• _DIRECTIONS_
What is needed is an exact copy of every entry below.

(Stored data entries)
***
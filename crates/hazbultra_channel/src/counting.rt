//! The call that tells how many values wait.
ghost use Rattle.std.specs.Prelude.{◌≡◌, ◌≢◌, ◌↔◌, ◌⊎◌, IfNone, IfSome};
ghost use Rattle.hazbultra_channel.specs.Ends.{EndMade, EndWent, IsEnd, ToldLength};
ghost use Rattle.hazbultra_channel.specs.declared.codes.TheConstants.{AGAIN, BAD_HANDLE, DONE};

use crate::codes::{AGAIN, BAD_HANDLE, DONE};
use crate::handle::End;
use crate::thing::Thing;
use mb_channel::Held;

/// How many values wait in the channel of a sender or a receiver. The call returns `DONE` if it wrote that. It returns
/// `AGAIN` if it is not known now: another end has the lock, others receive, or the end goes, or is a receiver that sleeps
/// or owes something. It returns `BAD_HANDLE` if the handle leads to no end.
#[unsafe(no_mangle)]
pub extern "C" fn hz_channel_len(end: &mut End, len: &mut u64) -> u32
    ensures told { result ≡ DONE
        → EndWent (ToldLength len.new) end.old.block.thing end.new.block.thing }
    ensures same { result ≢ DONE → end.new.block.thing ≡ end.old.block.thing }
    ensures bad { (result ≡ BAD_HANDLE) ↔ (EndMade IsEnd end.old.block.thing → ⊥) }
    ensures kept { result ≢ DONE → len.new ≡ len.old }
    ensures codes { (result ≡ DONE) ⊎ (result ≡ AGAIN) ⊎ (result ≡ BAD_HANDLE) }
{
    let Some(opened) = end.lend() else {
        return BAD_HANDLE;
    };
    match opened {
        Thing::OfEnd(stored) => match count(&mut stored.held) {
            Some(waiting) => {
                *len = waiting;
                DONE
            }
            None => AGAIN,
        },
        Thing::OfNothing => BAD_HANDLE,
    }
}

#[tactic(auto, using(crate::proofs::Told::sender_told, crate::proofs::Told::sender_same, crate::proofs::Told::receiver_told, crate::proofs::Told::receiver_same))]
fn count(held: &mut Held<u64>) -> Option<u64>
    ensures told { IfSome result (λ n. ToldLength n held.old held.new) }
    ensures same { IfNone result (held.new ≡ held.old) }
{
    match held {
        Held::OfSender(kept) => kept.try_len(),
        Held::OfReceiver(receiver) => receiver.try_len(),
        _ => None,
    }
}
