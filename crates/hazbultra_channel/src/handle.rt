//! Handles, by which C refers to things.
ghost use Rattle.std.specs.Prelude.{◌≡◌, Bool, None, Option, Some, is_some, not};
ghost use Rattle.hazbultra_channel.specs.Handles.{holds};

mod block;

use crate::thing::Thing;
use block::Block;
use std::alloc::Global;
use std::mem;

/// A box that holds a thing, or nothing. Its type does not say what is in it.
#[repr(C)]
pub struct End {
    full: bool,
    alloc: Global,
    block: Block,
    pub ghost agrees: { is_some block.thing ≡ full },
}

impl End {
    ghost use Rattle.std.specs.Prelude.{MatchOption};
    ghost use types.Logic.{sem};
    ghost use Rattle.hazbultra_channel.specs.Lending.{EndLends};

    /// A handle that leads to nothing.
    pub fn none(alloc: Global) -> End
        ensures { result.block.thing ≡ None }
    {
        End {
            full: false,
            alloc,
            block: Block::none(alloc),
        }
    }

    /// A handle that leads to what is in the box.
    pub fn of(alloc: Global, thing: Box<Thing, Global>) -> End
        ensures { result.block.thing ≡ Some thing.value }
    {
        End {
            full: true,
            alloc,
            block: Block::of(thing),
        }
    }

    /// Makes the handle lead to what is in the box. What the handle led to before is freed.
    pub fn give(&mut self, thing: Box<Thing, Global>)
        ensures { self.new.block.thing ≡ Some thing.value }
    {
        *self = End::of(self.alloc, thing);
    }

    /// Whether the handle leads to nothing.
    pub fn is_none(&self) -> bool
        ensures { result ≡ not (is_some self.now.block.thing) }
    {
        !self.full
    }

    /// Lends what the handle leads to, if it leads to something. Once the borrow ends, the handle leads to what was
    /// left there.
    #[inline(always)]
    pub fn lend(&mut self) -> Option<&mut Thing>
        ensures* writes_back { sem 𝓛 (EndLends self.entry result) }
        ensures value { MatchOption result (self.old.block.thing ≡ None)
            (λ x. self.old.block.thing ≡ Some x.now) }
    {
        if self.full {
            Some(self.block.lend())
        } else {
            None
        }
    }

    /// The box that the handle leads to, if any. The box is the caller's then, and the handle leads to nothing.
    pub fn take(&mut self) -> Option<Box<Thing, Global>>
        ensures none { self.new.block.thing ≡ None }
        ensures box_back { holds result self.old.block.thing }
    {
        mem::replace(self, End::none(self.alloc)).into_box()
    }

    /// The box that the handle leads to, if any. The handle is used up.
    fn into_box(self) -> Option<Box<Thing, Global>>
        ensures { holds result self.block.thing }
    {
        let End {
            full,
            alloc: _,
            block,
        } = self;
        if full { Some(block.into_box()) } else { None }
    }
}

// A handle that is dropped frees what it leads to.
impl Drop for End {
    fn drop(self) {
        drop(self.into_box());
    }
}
***
• _ANSWER_
filename crates/hazbultra_channel/src/counting.rt
//! The call that tells how many values wait.
ghost use Rattle.std.specs.Prelude.{◌≡◌, ◌≢◌, ◌↔◌, ◌⊎◌, IfNone, IfSome};
ghost use Rattle.hazbultra_channel.specs.Ends.{EndMade, EndWent, IsEnd, ToldLength};
ghost use Rattle.hazbultra_channel.specs.declared.codes.TheConstants.{AGAIN, BAD_HANDLE, DONE};

use crate::codes::{AGAIN, BAD_HANDLE, DONE};
use crate::handle::End;
use crate::thing::Thing;
use mb_channel::Held;

/// How many values wait in the channel of a sender or a receiver. The call returns `DONE` if it wrote that. It returns
/// `AGAIN` if it is not known now: another end has the lock, others receive, or the end goes, or is a receiver that sleeps
/// or owes something. It returns `BAD_HANDLE` if the handle leads to no end.
#[unsafe(no_mangle)]
pub extern "C" fn hz_channel_len(end: &mut End, len: &mut u64) -> u32
    ensures told { result ≡ DONE
        → EndWent (ToldLength len.new) end.old.block.thing end.new.block.thing }
    ensures same { result ≢ DONE → end.new.block.thing ≡ end.old.block.thing }
    ensures bad { (result ≡ BAD_HANDLE) ↔ (EndMade IsEnd end.old.block.thing → ⊥) }
    ensures kept { result ≢ DONE → len.new ≡ len.old }
    ensures codes { (result ≡ DONE) ⊎ (result ≡ AGAIN) ⊎ (result ≡ BAD_HANDLE) }
{
    let Some(opened) = end.lend() else {
        return BAD_HANDLE;
    };
    match opened {
        Thing::OfEnd(stored) => match count(&mut stored.held) {
            Some(waiting) => {
                *len = waiting;
                DONE
            }
            None => AGAIN,
        },
        Thing::OfNothing => BAD_HANDLE,
    }
}

#[tactic(auto, using(crate::proofs::Told::sender_told, crate::proofs::Told::sender_same, crate::proofs::Told::receiver_told, crate::proofs::Told::receiver_same))]
fn count(held: &mut Held<u64>) -> Option<u64>
    ensures told { IfSome result (λ n. ToldLength n held.old held.new) }
    ensures same { IfNone result (held.new ≡ held.old) }
{
    match held {
        Held::OfSender(kept) => kept.try_len(),
        Held::OfReceiver(receiver) => receiver.try_len(),
        _ => None,
    }
}
filename crates/hazbultra_channel/src/handle.rt
//! Handles, by which C refers to things.
ghost use Rattle.std.specs.Prelude.{◌≡◌, Bool, None, Option, Some, is_some, not};
ghost use Rattle.hazbultra_channel.specs.Handles.{holds};

mod block;

use crate::thing::Thing;
use block::Block;
use std::alloc::Global;
use std::mem;

/// A box that holds a thing, or nothing. Its type does not say what is in it.
#[repr(C)]
pub struct End {
    full: bool,
    alloc: Global,
    block: Block,
    pub ghost agrees: { is_some block.thing ≡ full },
}

impl End {
    ghost use Rattle.std.specs.Prelude.{MatchOption};
    ghost use types.Logic.{sem};
    ghost use Rattle.hazbultra_channel.specs.Lending.{EndLends};

    /// A handle that leads to nothing.
    pub fn none(alloc: Global) -> End
        ensures { result.block.thing ≡ None }
    {
        End {
            full: false,
            alloc,
            block: Block::none(alloc),
        }
    }

    /// A handle that leads to what is in the box.
    pub fn of(alloc: Global, thing: Box<Thing, Global>) -> End
        ensures { result.block.thing ≡ Some thing.value }
    {
        End {
            full: true,
            alloc,
            block: Block::of(thing),
        }
    }

    /// Makes the handle lead to what is in the box. What the handle led to before is freed.
    pub fn give(&mut self, thing: Box<Thing, Global>)
        ensures { self.new.block.thing ≡ Some thing.value }
    {
        *self = End::of(self.alloc, thing);
    }

    /// Whether the handle leads to nothing.
    pub fn is_none(&self) -> bool
        ensures { result ≡ not (is_some self.now.block.thing) }
    {
        !self.full
    }

    /// Lends what the handle leads to, if it leads to something. Once the borrow ends, the handle leads to what was
    /// left there.
    #[inline(always)]
    pub fn lend(&mut self) -> Option<&mut Thing>
        ensures* writes_back { sem 𝓛 (EndLends self.entry result) }
        ensures value { MatchOption result (self.old.block.thing ≡ None)
            (λ x. self.old.block.thing ≡ Some x.now) }
    {
        if self.full {
            Some(self.block.lend())
        } else {
            None
        }
    }

    /// The box that the handle leads to, if any. The box is the caller's then, and the handle leads to nothing.
    pub fn take(&mut self) -> Option<Box<Thing, Global>>
        ensures none { self.new.block.thing ≡ None }
        ensures box_back { holds result self.old.block.thing }
    {
        mem::replace(self, End::none(self.alloc)).into_box()
    }

    /// The box that the handle leads to, if any. The handle is used up.
    fn into_box(self) -> Option<Box<Thing, Global>>
        ensures { holds result self.block.thing }
    {
        let End {
            full,
            alloc: _,
            block,
        } = self;
        if full { Some(block.into_box()) } else { None }
    }
}

// A handle that is dropped frees what it leads to.
impl Drop for End {
    fn drop(self) {
        drop(self.into_box());
    }
}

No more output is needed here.